● **Exercise prompt**
Say how many lines in the records hold the word "leading", and give nothing but that number.

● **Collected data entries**

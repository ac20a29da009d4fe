//! What is compiled for the frames that come in at one port: a table and the routes of a mapper.
//!
//! A [`CompiledTable`] is an extended VLAN tagging operation configuration data (ITU-T G.988, clause 9.3.13) with its index and
//! a compiled treatment for each of its entries; [`Routes`] are those of an 802.1p mapper service profile (clause 9.3.10), a GEM
//! port or a reason for each priority. Each is one definition over the managed entities, and one function that compiles it.
//!
//! A change costs what it touches: a table compiles again what differs from the one that it was ([`CompiledTable::follow`]), and
//! routes say whether they were read from an instance ([`Routes::reads`]), so that those of other mappers stay as they are.
//!
//! A [`PortPlan`] is lent, and forwards any number of frames: it reads the head of a frame as words, finds the number of the
//! entry, makes the words of the outgoing tags by masks, and takes the route of their priority. Each number of received tags
//! has a path of its own. What it gives is the meaning of the frame (`frame_meaning`).
#![tactic(auto)]

mod compiled_table;
mod dscp;
mod mapper_routes;
mod port_plan;
mod routes;
mod treats;

pub use compiled_table::CompiledTable;
pub use port_plan::PortPlan;
pub use routes::Routes;
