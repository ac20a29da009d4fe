//! Numbers in decimal digits, and that which a line names a port by.
ghost use Rattle.std.specs.Prelude.{◌≡◌, ◌≤◌};
ghost use Rattle.script_lines.specs.Line.{decimal_of, port_of};

/// The number that decimal digits spell, leading zeros among them; None where they spell none, or there are over `most`, which is 19 or
/// fewer.
pub fn read_decimal(digits: &[u8], most: usize) -> Option<u64>
    requires { most ≤ 19 }
    ensures { result ≡ decimal_of most digits.now }
{
    if digits.is_empty() || digits.len() > most {
        return None;
    }
    let mut number = 0;
    for digit in digits {
        if !digit.is_ascii_digit() {
            return None;
        }
        number = 10 * number + u64::from(*digit - b'0');
    }
    Some(number)
}

/// The number of a port, which one to five decimal digits spell, leading zeros among them; None where they spell none of 16 bits.
pub fn read_port(digits: &[u8]) -> Option<u16>
    ensures { result ≡ port_of digits.now }
{
    u16::try_from(read_decimal(digits, 5)?).ok()
}
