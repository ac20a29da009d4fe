//! What a line of a script asks for.

/// What a line of a script asks for. Its bytes lie in the buffer that it was read into.
#[derive(Clone, Copy)]
pub enum Line<'a> {
    /// A message, by its bytes.
    Message(&'a [u8]),
    /// A frame that comes in at a port, by the port and its bytes.
    Frame(u16, &'a [u8]),
    /// Nothing, as an empty line or a comment.
    Nothing,
}

/// The parts of a line of a script: what it asks for, and the digits of its bytes. At these nobody has looked yet.
#[derive(Clone, Copy)]
pub enum Parts<'a> {
    /// A message, by its digits.
    Message(&'a [u8]),
    /// A frame that comes in at a port, by the port and its digits.
    Frame(u16, &'a [u8]),
    /// Nothing, as an empty line or a comment.
    Nothing,
}
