//! A capture forwarded while a trace is applied, and what came of it as lines.
//!
//! **What is written** is defined in `specs/Lines.antt`, from the accepted requests, the frames and the versions of the batches:
//! [`run_over`] writes the lines of versions that the batches may have, as `run_lanes` says. With `after` there is one such
//! choice, so the lines are a function of the input, whatever the lanes. [`run_frames`] does the same with frames as they are held, a file
//! whole or in pieces or a list, shows how far it is, and says how many of the frames were cut.
//!
//! **All or nothing.** The whole text, a short line a batch and those of the totals, is made before the first byte of it is
//! written; so a run that finds no memory on the way writes nothing.
//!
//! **The end** has words and a status of its own, which [`report_run`] gives.
#![tactic(auto)]

mod fault;
mod lines;
mod progress;
mod report;
mod run;
mod source;

pub use fault::RunFault;
pub use report::report_run;
pub use run::{run_frames, run_over};
pub use run_settings::RunSettings;
pub use source::FrameSource;
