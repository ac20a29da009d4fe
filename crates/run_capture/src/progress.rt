//! How far a run is, and a line that shows it.
use frame_batch::Gate;
use run_settings::RunSettings;
use std::io::Write;
use std::rt::Clock;
use std::sync::atomic::{AtomicU64, Ordering};
use std::thread::sleep;
use std::time::Duration;
use text_writing::ProgressLine;

/// How many milliseconds the end of a run may go unseen.
const STEP: u64 = 20;

/// After how many steps the line is written anew.
const STEPS: u64 = 25;

/// How far a run is. The numbers are for looking at, and may be a batch behind.
#[derive(Drop)]
pub(crate) struct Progress {
    frames: AtomicU64,
    asked: AtomicU64,
    applied: AtomicU64,
    ended: AtomicU64,
}

impl Progress {
    /// Of a run that hasn't begun.
    pub(crate) fn new() -> Progress {
        Progress {
            frames: AtomicU64::new(0),
            asked: AtomicU64::new(0),
            applied: AtomicU64::new(0),
            ended: AtomicU64::new(0),
        }
    }

    /// The capture was read, and has so many frames.
    pub(crate) fn begin(&self, frames: usize) {
        self.frames.store(frames as u64, Ordering::Relaxed);
    }

    /// The run has ended, in whatever way.
    pub(crate) fn end(&self) {
        self.ended.store(1, Ordering::Relaxed);
    }

    fn has_ended(&self) -> bool {
        self.ended.load(Ordering::Relaxed) != 0
    }
}

/// Lets each batch pass at once, and notes how far the run is.
#[derive(Drop)]
pub(crate) struct Watched<'p> {
    pub progress: &'p Progress,
    pub lanes: u16,
}

impl Gate for Watched<'_> {
    fn pass(&self, lane: u16, batch: u32, _turns: u32) -> bool {
        if lane == self.lanes {
            let applied = &self.progress.applied;
            applied.store(u64::from(batch), Ordering::Relaxed);
        } else {
            self.progress.asked.fetch_add(1, Ordering::Relaxed);
        }
        true
    }
}

/// Writes how many frames were given to lanes, which ask twice for a batch. Where the trace is published first, the line says so
/// until a lane asks; else it says how many messages are published beside the lanes.
fn write_text<E: Write>(progress: &Progress, settings: &RunSettings, err: &mut E) {
    let asked = progress.asked.load(Ordering::Relaxed);
    if settings.after && asked == 0 {
        let _ = err.write_all(b"publishing");
        return;
    }
    let frames = progress.frames.load(Ordering::Relaxed);
    let given = (asked / 2).saturating_mul(u64::from(settings.batch));
    let _ = write!(err, "{} of {frames} frames forwarded", given.min(frames));
    if !settings.after {
        let applied = progress.applied.load(Ordering::Relaxed);
        let _ = write!(err, ", {applied} messages applied");
    }
}

/// Shows how far a run is, on one line that is written anew about twice a second, until the run has ended. Then the line is gone.
pub(crate) fn show<R: Clock, E: Write>(
    rt: &R,
    progress: &Progress,
    settings: &RunSettings,
    err: &mut E,
) {
    let mut line = ProgressLine::new();
    for step in 1..u64::MAX {
        if progress.has_ended() {
            break;
        }
        if step % STEPS == 0 {
            line.begin(err);
            write_text(progress, settings, err);
            line.end(err);
        }
        sleep(rt, Duration::from_millis(STEP));
    }
    line.remove(err);
}
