//! A run: a capture forwarded while a trace is applied, and its lines written.
ghost use Rattle.std.specs.Prelude.{◌≡◌, ◌<◌, ◌^◌, None, IfOk, IfErr, OnOk, OnErr, if◌then◌else◌, is_some, length, unwrap_or};
ghost use Rattle.std.specs.Io.KnownBytes.{Appends};
ghost use Rattle.text_writing.specs.Written.{AppendsPart};
ghost use Rattle.mib_state.specs.After.{accepted};
ghost use Rattle.run_lanes.specs.Frames.{frames_in, IsCutFor};
ghost use Rattle.run_lanes.specs.Run.{SomeRunPasses};
ghost use Rattle.run_settings.specs.Settings.{CanRun};
ghost use Rattle.script_trace.specs.Trace.{requests_of};
ghost use Rattle.run_capture.specs.Source.{cut_frames_in};
ghost use Rattle.run_capture.specs.Outcome.{
  frames_fault,
  held_fault,
  IsOutputOf,
  IsOutputOver,
  IsWhyNone,
  Runs,
  RunsFrames,
  SumsPass,
};
ghost use Rattle.run_capture.specs.declared.fault.RunFault.TheVariants.{NoMemory};
ghost use Rattle.run_capture.specs.declared.source.FrameSource.TheVariants.{InPieces, Listed, Whole};

use crate::fault::RunFault;
use crate::lines::lines_of;
use crate::progress::{Progress, Watched, show};
use crate::source::{FrameSource, listing};
use capture::{Pcap, list_frames};
use capture_pieces::Pieces;
use omci_msg::Request;
use run_lanes::{LaneFault, RunFrames, RunSource, run_lanes_over};
use run_settings::RunSettings;
use script_trace::{ScriptFault, read_requests};
use std::alloc::Global;
use std::io::Write;
use std::rt::Clock;
use std::sync::Wait;
use std::thread::{Threads, join};
use text_writing::write_whole;

/// What a run of frames writes, or why it writes nothing.
fn output_over<R: Threads + Wait + Sync>(
    rt: &R,
    alloc: Global,
    requests: &[Request],
    frames: RunFrames<'_, '_>,
    settings: &RunSettings,
    progress: &Progress,
) -> Result<Vec<u8>, RunFault>
    requires settings { CanRun settings.now }
    requires few { length (frames_in frames) < 2 ^ 32 }
    requires size { IsCutFor settings.now.batch frames }
    ensures output { IfOk result (λ out. IsOutputOver (accepted requests.now)
        (frames_in frames.entry) settings.now out.items) }
    ensures fault { IfErr result (IsWhyNone None (SomeRunPasses (accepted requests.now) settings.now
        (frames_in frames.entry))) }
{
    let count = frames.count();
    progress.begin(count);
    let gate = Watched {
        progress,
        lanes: settings.lanes,
    };
    let input = RunSource {
        requests,
        frames,
        settings,
    };
    let ran = match run_lanes_over(rt, alloc, &input, 1, &gate) {
        Ok(ran) => ran,
        Err(LaneFault::NoMemory) => return Err(RunFault::NoMemory),
        Err(LaneFault::Refused) => return Err(RunFault::Refused),
        Err(LaneFault::CountFull) => return Err(RunFault::CountFull),
    };
    let Ok(out) = lines_of(alloc, &ran, settings.batch as usize, count) else {
        return Err(RunFault::NoMemory);
    };
    Ok(out)
}

/// What a run of frames writes as they are held, or why it writes nothing. Of a file in pieces no list of all frames is made.
fn output_of_frames<R: Threads + Wait + Sync>(
    rt: &R,
    alloc: Global,
    requests: &[Request],
    frames: FrameSource<'_>,
    settings: &RunSettings,
    progress: &Progress,
) -> Result<Vec<u8>, RunFault>
    requires { CanRun settings.now }
    ensures fits { IfOk result (λ out. frames_fault frames.entry ≡ None) }
    ensures output { IfOk result (λ out.
        IsOutputOf (accepted requests.now) frames.entry settings.now out.items) }
    ensures fault { IfErr result (IsWhyNone (frames_fault frames.entry)
        (SumsPass (accepted requests.now) frames.entry settings.now)) }
{
    match frames {
        FrameSource::Whole(file) => match list_frames(alloc, file) {
            Ok(list) => {
                let frames = RunFrames::Listed(&list);
                output_over(rt, alloc, requests, frames, settings, progress)
            }
            Err(fault) => Err(listing(fault)),
        },
        FrameSource::InPieces(pieces) => match pieces.cut(alloc, settings.batch) {
            Ok(batches) => {
                let frames = RunFrames::Cut(&batches);
                output_over(rt, alloc, requests, frames, settings, progress)
            }
            Err(fault) => Err(listing(fault)),
        },
        // the batches are counted in 32 bits
        FrameSource::Listed(list) if list.len() > u32::MAX as usize => Err(RunFault::Refused),
        FrameSource::Listed(list) => {
            let frames = RunFrames::Listed(list);
            output_over(rt, alloc, requests, frames, settings, progress)
        }
        FrameSource::Unlisted => Err(RunFault::Unlisted),
    }
}

/// Why nothing is written where the requests of a trace find no memory: the frames have a fault, or else that.
fn without_memory(alloc: Global, frames: FrameSource<'_>) -> RunFault
    ensures { result ≡ unwrap_or (frames_fault frames.entry) NoMemory }
{
    match frames {
        FrameSource::Whole(file) => match Pcap::open(file) {
            Ok(_) => RunFault::NoMemory,
            Err(fault) => RunFault::Capture(fault),
        },
        FrameSource::InPieces(pieces) => match pieces.cut(alloc, u32::MAX) {
            Ok(_) => RunFault::NoMemory,
            Err(fault) => listing(fault),
        },
        FrameSource::Listed(_) => RunFault::NoMemory,
        FrameSource::Unlisted => RunFault::Unlisted,
    }
}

● **Solution**
2